Content starts

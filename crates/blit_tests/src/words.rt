//! Drawing by words, beside what single pixels give.

use crate::blits::Thirds;
use bit_blit::{copy, fill, invert, shift};
use bit_map::{BitImage, BitMap, Mode, eight_within};
use scan_region::Region;
use std::alloc::Global;
use std::test::Fail;
use tb_geom::{Point, Rect, Refusal};
use test_pixels::pixels::{Pixels, are_alike, map_of, mark};
use test_pixels::rect;
use test_pixels::sheet::MIXED;

/// How many rows each map has.
const ROWS: i32 = 5;

/// The widths of maps.
const WIDTHS: [i32; 5] = [1, 63, 64, 65, 200];

/// The bits that a map has before.
fn before(point: Point) -> bool {
    let (h, v) = (i64::from(point.h), i64::from(point.v));
    (h.wrapping_mul(h)
        .wrapping_add(h.wrapping_mul(7))
        .wrapping_add(v.wrapping_mul(13)))
    .rem_euclid(5)
        < 2
}

/// What a map has before.
struct Old;

impl Pixels for Old {
    fn byte(&self, point: Point) -> u8 {
        mark(before(point))
    }
}

/// A map with those bits.
fn old_map(alloc: Global, width: i32) -> Result<BitMap, Refusal> {
    map_of(alloc, &Old, width, ROWS)
}

/// Two rectangles without a third: their sides meet those of words, or do not, and some lie off the map.
fn some_region(alloc: Global) -> Result<Region, Refusal> {
    let first = Region::from_rect(alloc, rect!(-3, -1, 70, 4))?;
    let second = Region::from_rect(alloc, rect!(66, 2, 300, 9))?;
    let hole = Region::from_rect(alloc, rect!(5, 1, 64, 2))?;
    let both = first.union(alloc, &second)?;
    Ok(both.diff(alloc, &hole)?)
}

/// The point that lies `distance` before another.
fn source_of(point: Point, distance: Point) -> Point {
    Point {
        h: point.h.wrapping_sub(distance.h),
        v: point.v.wrapping_sub(distance.v),
    }
}

/// The bits before, shifted in a region.
#[derive(Drop)]
struct Shifted<'a> {
    region: &'a Region,
    bounds: Rect,
    distance: Point,
}

impl Pixels for Shifted<'_> {
    fn byte(&self, point: Point) -> u8 {
        let source = source_of(point, self.distance);
        let is_moved = self.region.contains(point) && self.bounds.contains(source);
        mark(before(if is_moved { source } else { point }))
    }
}

#[test]
fn shifts_by_words_as_by_pixels(rt: HostRuntime) -> Result<(), Fail> {
    let region = some_region(rt.alloc())?;
    for width in WIDTHS {
        for v in -2..3 {
            for h in -65..66 {
                let distance = Point { h, v };
                let mut map = old_map(rt.alloc(), width)?;
                let bounds = map.bounds();
                shift(&mut map, &region, distance);
                let due = Shifted {
                    region: &region,
                    bounds,
                    distance,
                };
                assert!(rt; are_alike(&map, &due, bounds));
            }
        }
    }
    Ok(())
}

/// The bits before, with those of a source put down in a region by exclusive or.
#[derive(Drop)]
struct Copied<'a> {
    region: &'a Region,
    sides: Rect,
    origin: Point,
}

impl Pixels for Copied<'_> {
    fn byte(&self, point: Point) -> u8 {
        let source = source_of(point, self.origin);
        let is_put = self.region.contains(point) && self.sides.contains(source);
        mark(before(point) != (is_put && before(source)))
    }
}

#[test]
fn copies_by_words_as_by_pixels(rt: HostRuntime) -> Result<(), Fail> {
    let region = some_region(rt.alloc())?;
    for width in WIDTHS {
        let source = old_map(rt.alloc(), width)?;
        for h in -65..66 {
            let origin = Point { h, v: 1 };
            let mut map = old_map(rt.alloc(), 200)?;
            copy(&mut map, &region, &source, origin, Mode::Xor);
            let due = Copied {
                region: &region,
                sides: source.bounds(),
                origin,
            };
            assert!(rt; are_alike(&map, &due, map.bounds()));
        }
    }
    Ok(())
}

/// An image of 70 by 2, in rows of 9 bytes.
const ROWS_OF_BITS: [u8; 18] = [
    0x81, 0x42, 0x24, 0x18, 0xFF, 0x00, 0x7E, 0x01, 0xF8, 0x12, 0x34, 0x56, 0x78, 0x9A, 0xBC, 0xDE,
    0xF0, 0x0C,
];

/// The bits before, with the image put down by or.
#[derive(Drop)]
struct Imaged {
    origin: Point,
}

/// Whether the image is black at a place.
fn is_black(h: i32, v: i32) -> bool {
    let place = v.unsigned_abs() as usize * 9 + h.unsigned_abs() as usize / 8;
    match ROWS_OF_BITS.get(place) {
        Some(byte) => (*byte >> (7 - h.rem_euclid(8) as u8)) % 2 == 1,
        None => false,
    }
}

impl Pixels for Imaged {
    fn byte(&self, point: Point) -> u8 {
        let source = source_of(point, self.origin);
        let is_put = rect!(0, 0, 70, 2).contains(source)
            && is_black(source.h.clamp(0, 69), source.v.clamp(0, 1));
        mark(before(point) || is_put)
    }
}

#[test]
fn copies_images_by_words_as_by_pixels(rt: HostRuntime) -> Result<(), Fail> {
    let all = Region::from_rect(rt.alloc(), rect!(0, 0, 200, ROWS))?;
    let image = BitImage::new(70, 2, &ROWS_OF_BITS);
    for h in -71..201 {
        let origin = Point { h, v: 2 };
        let mut map = old_map(rt.alloc(), 200)?;
        copy(&mut map, &all, &image, origin, Mode::Or);
        assert!(rt; are_alike(&map, &Imaged { origin }, map.bounds()));
    }
    Ok(())
}

/// The bits before, with the pattern put down in a region by exclusive or, and all of the region inverted.
#[derive(Drop)]
struct Inked<'a> {
    region: &'a Region,
    offset: Point,
}

impl Pixels for Inked<'_> {
    fn byte(&self, point: Point) -> u8 {
        let place = source_of(point, self.offset);
        let row = MIXED.rows[place.v.rem_euclid(8) as usize];
        let ink = (row >> (7 - place.h.rem_euclid(8) as u8)) % 2 == 1;
        mark(before(point) != (self.region.contains(point) && !ink))
    }
}

#[test]
fn fills_and_inverts_by_words_as_by_pixels(rt: HostRuntime) -> Result<(), Fail> {
    let region = some_region(rt.alloc())?;
    for width in WIDTHS {
        for h in -9..10 {
            let offset = Point { h, v: h };
            let mut map = old_map(rt.alloc(), width)?;
            fill(&mut map, &region, offset, MIXED, Mode::Xor);
            invert(&mut map, &region);
            let due = Inked {
                region: &region,
                offset,
            };
            assert!(rt; are_alike(&map, &due, map.bounds()));
        }
    }
    Ok(())
}

#[test]
fn eight_bytes_are_a_word(rt: HostRuntime) {
    let bytes = [1, 2, 3, 4, 5, 6, 7, 8, 9];
    assert!(rt; eight_within(&bytes, 1) == 0x0203_0405_0607_0809);
}

#[test]
fn shifts_every_third_pixel_of_130(rt: HostRuntime) -> Result<(), Fail> {
    let row = rect!(0, 0, 130, 1);
    let mut map = BitMap::new(rt.alloc(), 130, 1)?;
    for h in 0..130 {
        let point = Point { h, v: 0 };
        if map.bounds().contains(point) {
            map.set(point, h % 3 == 0);
        }
    }
    let region = Region::from_rect(rt.alloc(), row)?;
    shift(&mut map, &region, Point { h: 1, v: 0 });
    // pixel 0 has no source, and stays
    assert!(rt; are_alike(&map, &Thirds(1), row));
    Ok(())
}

Content ends

Give exactly, and nothing besides, the lines from the one in which "let mut map = BitMap::new(rt.alloc(), 130, 1)?;" occurs through the end of the records.

Exercise solution ▸
    let mut map = BitMap::new(rt.alloc(), 130, 1)?;
    for h in 0..130 {
        let point = Point { h, v: 0 };
        if map.bounds().contains(point) {
            map.set(point, h % 3 == 0);
        }
    }
    let region = Region::from_rect(rt.alloc(), row)?;
    shift(&mut map, &region, Point { h: 1, v: 0 });
    // pixel 0 has no source, and stays
    assert!(rt; are_alike(&map, &Thirds(1), row));
    Ok(())
}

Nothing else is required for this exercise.